Especialistas e partes interessadas do mercado admitem, no entanto, que a situação actual é temporária e que muito provavelmente este ano o mercado global de diamantes entrará num novo ciclo.
O tempo dirá se estas previsões se concretizarão. O que pode acontecer aos diamantes angolanos com a saída da ALROSA de Catoca? Não é segredo que há mais de 30 anos, os especialistas russos têm ajudado na organização e apoio técnico dos negócios da Catoca.
A sua experiência e conhecimento desempenharam um papel decisivo na descoberta e lançamento da produção nas principais jazidas de diamantes – Catoca e Luele.
Actualmente, cerca de cem especialistas russos altamente qualificados trabalham na Catoca sob a orientação de gestores angolanos, partilhando com eles a suas experiências.
Na sua maioria antigos funcionários da ALROSA, estes técnicos estão envolvidos em trabalhos de exploração geológica, mineração e processamento.

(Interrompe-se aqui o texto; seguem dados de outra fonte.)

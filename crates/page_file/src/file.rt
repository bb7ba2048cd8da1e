//! Reading and writing a page of a store's file.
ghost use Rattle.std.specs.Prelude.{◌≡◌, ◌≢◌, ◌+◌, ◌≤◌, ◌<◌, ◌^◌, length, Err, IsTrue, OnOk};
ghost use Rattle.blsm_model.specs.Format.{page_length};
ghost use Rattle.blsm_model.specs.Geometry.{page_count, file_length};
ghost use Rattle.page_file.specs.File.{page_start, page_at, page_region, TellsPage, Reads, Writes};

use crate::page::{PAGE_LEN, is_page};
use blsm_model::Geometry;
use disk_trait::Disk;
use refusal::Failed;
use thiserror::Error;

/// Why a page was not read.
#[derive(Clone, Copy, PartialEq, Eq, Debug, Drop, Error)]
pub enum Broken {
    /// The disk failed to read.
    #[error("a read of a page failed")]
    Fault,
    /// The bytes of the page of this number aren't a valid page.
    #[error("page {0} is damaged")]
    Damaged(u32),
}

impl From<Failed> for Broken {
    ghost use Rattle.std.specs.Prelude.{◌≡◌};
    ghost use Rattle.page_file.specs.declared.file.Broken.TheVariants.{Fault};

    ghost from_gives = { λ _ broken. broken ≡ Fault };

    fn from(_failed: Failed) -> Broken {
        Broken::Fault
    }
}

// How many bytes stand before the lanes of the log, and how many halves of the spring the lanes have.
const FILE_HEAD_LEN: u64 = 4_096;

const LANE_HALVES: u64 = 12;

// Where a page begins in the file, in bytes.
fn place_of(geo: &Geometry, n: u32) -> u64
    requires { n < page_count geo.now }
    ensures place { result ≡ page_start geo.now n }
    ensures inside { page_start geo.now n + page_length ≤ file_length geo.now }
    ensures small { file_length geo.now < 2 ^ 63 }
{
    FILE_HEAD_LEN + LANE_HALVES * geo.half() + PAGE_LEN as u64 * u64::from(n)
}

/// Reads page n into a buffer and tells whether it is valid. The disk is read once at most, and no memory is taken.
///
/// After `Ok` the buffer has the page as it reads. `Damaged(n)` comes exactly where the bytes aren't a valid page; the buffer has
/// them then too. After `Fault`, which comes only where the disk's count of faults rose, it may have any bytes. No answer
/// changes what the disk holds.
pub fn read_page<D: Disk>(
    disk: &mut D,
    geo: &Geometry,
    n: u32,
    into: &mut [u8; PAGE_LEN],
) -> Result<(), Broken>
    requires page { n < page_count geo.now }
    requires length { IsTrue (D.state disk.old).tells_bytes → length (D.state disk.old).bytes ≡ file_length geo.now }

    // Whatever the disk is, the answer is what the bytes in the buffer say; and they are those that the disk reads as.
    ensures answer { TellsPage (page_count geo.now) n into.new result }
    ensures bytes { result ≢ Err Broken.Fault → IsTrue (D.state disk.old).tells_bytes → into.new ≡ page_at geo.now n (D.state disk.new).bytes }
    // One call of the disk at most, which reads.
    ensures reads { Reads (file_length geo.now) 1 result (D.state disk.old) (D.state disk.new) }
{
    disk.read(place_of(geo, n), into)?;
    if is_page(into, geo.pages()) {
        Ok(())
    } else {
        Err(Broken::Damaged(n))
    }
}

/// Writes page n. The disk is written once at most, and no memory is taken.
///
/// After `Ok` the page reads so. Whatever is answered, no other byte changes, and a crash leaves a file that is, outside the page,
/// one from before; of the page itself it may leave any bytes until a sync. A failure comes only where the disk's count of
/// faults rose.
pub fn write_page<D: Disk>(
    disk: &mut D,
    geo: &Geometry,
    n: u32,
    bytes: &[u8; PAGE_LEN],
) -> Result<(), Failed>
    requires page { n < page_count geo.now }
    requires length { IsTrue (D.state disk.old).tells_bytes → length (D.state disk.old).bytes ≡ file_length geo.now }

    ensures reads { OnOk result (IsTrue (D.state disk.old).is_honest → page_at geo.now n (D.state disk.new).bytes ≡ bytes.now) }
    // One call of the disk at most. No byte outside the page changes, in no image of any moment.
    ensures writes { Writes (page_region geo.now n) (file_length geo.now) result (D.state disk.old) (D.state disk.new) }
{
    disk.write(place_of(geo, n), bytes)
}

Agora há significativamente menos pessoal técnico especializado do que há 10-20 anos, porque ao longo desses anos a ALROSA esteve envolvida na formação dos quadros angolanos.
Outro aspecto importante a reter está relacionado com o facto de a ALROSA partilhar sua tecnologia com Catoca. E em quase todos os principais processos de produção. A tecnologia russa é a base da operação da unidade de processamento de Catoca.
A rejeição da parceria com a companhia de diamantes russa, provavelmente levará à necessidade de mudanças em grande escala nos processos tecnológicos, substituição de uma parte significativa do equipamento, treinamento de novo pessoal e a adaptação do pessoal existente, só para citar alguns. Tudo isto exigirá um grande investimentos e é improvável que seja implementado num futuro próximo.
De qualquer das formas, o crescimento das exportações angolanas de diamantes, bem como a actual estagnação, não estarão associados às sanções contra os diamantes russos, e muito menos a uma empresa individual, mas, sim, com os pré-requisitos económicos gerais.
Entretanto, as consequências da retirada da ALROSA de Angola, caso aconteça, são mais difíceis de prever do que parece à primeira vista.
Como demostra a experiência, o esforço conjunto de especialistas angolanos e russos permite implementar os projectos mais ousados e ambiciosos.